What this task involves: Would you set down the whole listing again exactly as it appears?

Data in this exercise:
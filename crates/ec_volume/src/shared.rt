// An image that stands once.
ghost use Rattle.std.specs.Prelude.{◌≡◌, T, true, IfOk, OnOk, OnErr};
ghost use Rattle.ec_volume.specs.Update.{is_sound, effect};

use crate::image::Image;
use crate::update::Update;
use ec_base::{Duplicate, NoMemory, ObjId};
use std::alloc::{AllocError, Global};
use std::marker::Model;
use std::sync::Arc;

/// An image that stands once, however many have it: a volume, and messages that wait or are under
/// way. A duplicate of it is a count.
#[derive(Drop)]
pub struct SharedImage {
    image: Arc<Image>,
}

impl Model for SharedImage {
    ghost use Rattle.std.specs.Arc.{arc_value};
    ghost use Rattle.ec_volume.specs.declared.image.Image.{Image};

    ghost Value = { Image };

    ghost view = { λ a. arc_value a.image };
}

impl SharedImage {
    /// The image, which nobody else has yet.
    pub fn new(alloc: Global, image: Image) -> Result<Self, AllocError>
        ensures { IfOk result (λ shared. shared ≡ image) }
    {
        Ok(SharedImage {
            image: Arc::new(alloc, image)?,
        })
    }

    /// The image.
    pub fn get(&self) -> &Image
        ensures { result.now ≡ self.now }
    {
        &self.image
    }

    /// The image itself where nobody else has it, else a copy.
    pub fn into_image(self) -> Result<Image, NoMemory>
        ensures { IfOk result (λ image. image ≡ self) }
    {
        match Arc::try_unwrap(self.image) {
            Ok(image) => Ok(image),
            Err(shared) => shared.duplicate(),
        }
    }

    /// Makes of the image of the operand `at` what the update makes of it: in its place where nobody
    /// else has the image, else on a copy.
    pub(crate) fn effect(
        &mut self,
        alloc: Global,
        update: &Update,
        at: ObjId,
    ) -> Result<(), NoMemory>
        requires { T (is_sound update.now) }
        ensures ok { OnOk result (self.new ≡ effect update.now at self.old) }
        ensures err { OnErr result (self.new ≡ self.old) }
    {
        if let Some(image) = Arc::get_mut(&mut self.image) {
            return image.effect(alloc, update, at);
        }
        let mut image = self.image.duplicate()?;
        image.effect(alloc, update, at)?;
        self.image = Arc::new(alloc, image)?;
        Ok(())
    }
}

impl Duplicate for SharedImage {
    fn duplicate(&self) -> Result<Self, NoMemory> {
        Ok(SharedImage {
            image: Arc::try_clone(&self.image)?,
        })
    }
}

Response to this task:
filename crates/ec_volume/src/shared.rt
// An image that stands once.
ghost use Rattle.std.specs.Prelude.{◌≡◌, T, true, IfOk, OnOk, OnErr};
ghost use Rattle.ec_volume.specs.Update.{is_sound, effect};

use crate::image::Image;
use crate::update::Update;
use ec_base::{Duplicate, NoMemory, ObjId};
use std::alloc::{AllocError, Global};
use std::marker::Model;
use std::sync::Arc;

/// An image that stands once, however many have it: a volume, and messages that wait or are under
/// way. A duplicate of it is a count.
#[derive(Drop)]
pub struct SharedImage {
    image: Arc<Image>,
}

impl Model for SharedImage {
    ghost use Rattle.std.specs.Arc.{arc_value};
    ghost use Rattle.ec_volume.specs.declared.image.Image.{Image};

    ghost Value = { Image };

    ghost view = { λ a. arc_value a.image };
}

impl SharedImage {
    /// The image, which nobody else has yet.
    pub fn new(alloc: Global, image: Image) -> Result<Self, AllocError>
        ensures { IfOk result (λ shared. shared ≡ image) }
    {
        Ok(SharedImage {
            image: Arc::new(alloc, image)?,
        })
    }

    /// The image.
    pub fn get(&self) -> &Image
        ensures { result.now ≡ self.now }
    {
        &self.image
    }

    /// The image itself where nobody else has it, else a copy.
    pub fn into_image(self) -> Result<Image, NoMemory>
        ensures { IfOk result (λ image. image ≡ self) }
    {
        match Arc::try_unwrap(self.image) {
            Ok(image) => Ok(image),
            Err(shared) => shared.duplicate(),
        }
    }

    /// Makes of the image of the operand `at` what the update makes of it: in its place where nobody
    /// else has the image, else on a copy.
    pub(crate) fn effect(
        &mut self,
        alloc: Global,
        update: &Update,
        at: ObjId,
    ) -> Result<(), NoMemory>
        requires { T (is_sound update.now) }
        ensures ok { OnOk result (self.new ≡ effect update.now at self.old) }
        ensures err { OnErr result (self.new ≡ self.old) }
    {
        if let Some(image) = Arc::get_mut(&mut self.image) {
            return image.effect(alloc, update, at);
        }
        let mut image = self.image.duplicate()?;
        image.effect(alloc, update, at)?;
        self.image = Arc::new(alloc, image)?;
        Ok(())
    }
}

impl Duplicate for SharedImage {
    fn duplicate(&self) -> Result<Self, NoMemory> {
        Ok(SharedImage {
            image: Arc::try_clone(&self.image)?,
        })
    }
}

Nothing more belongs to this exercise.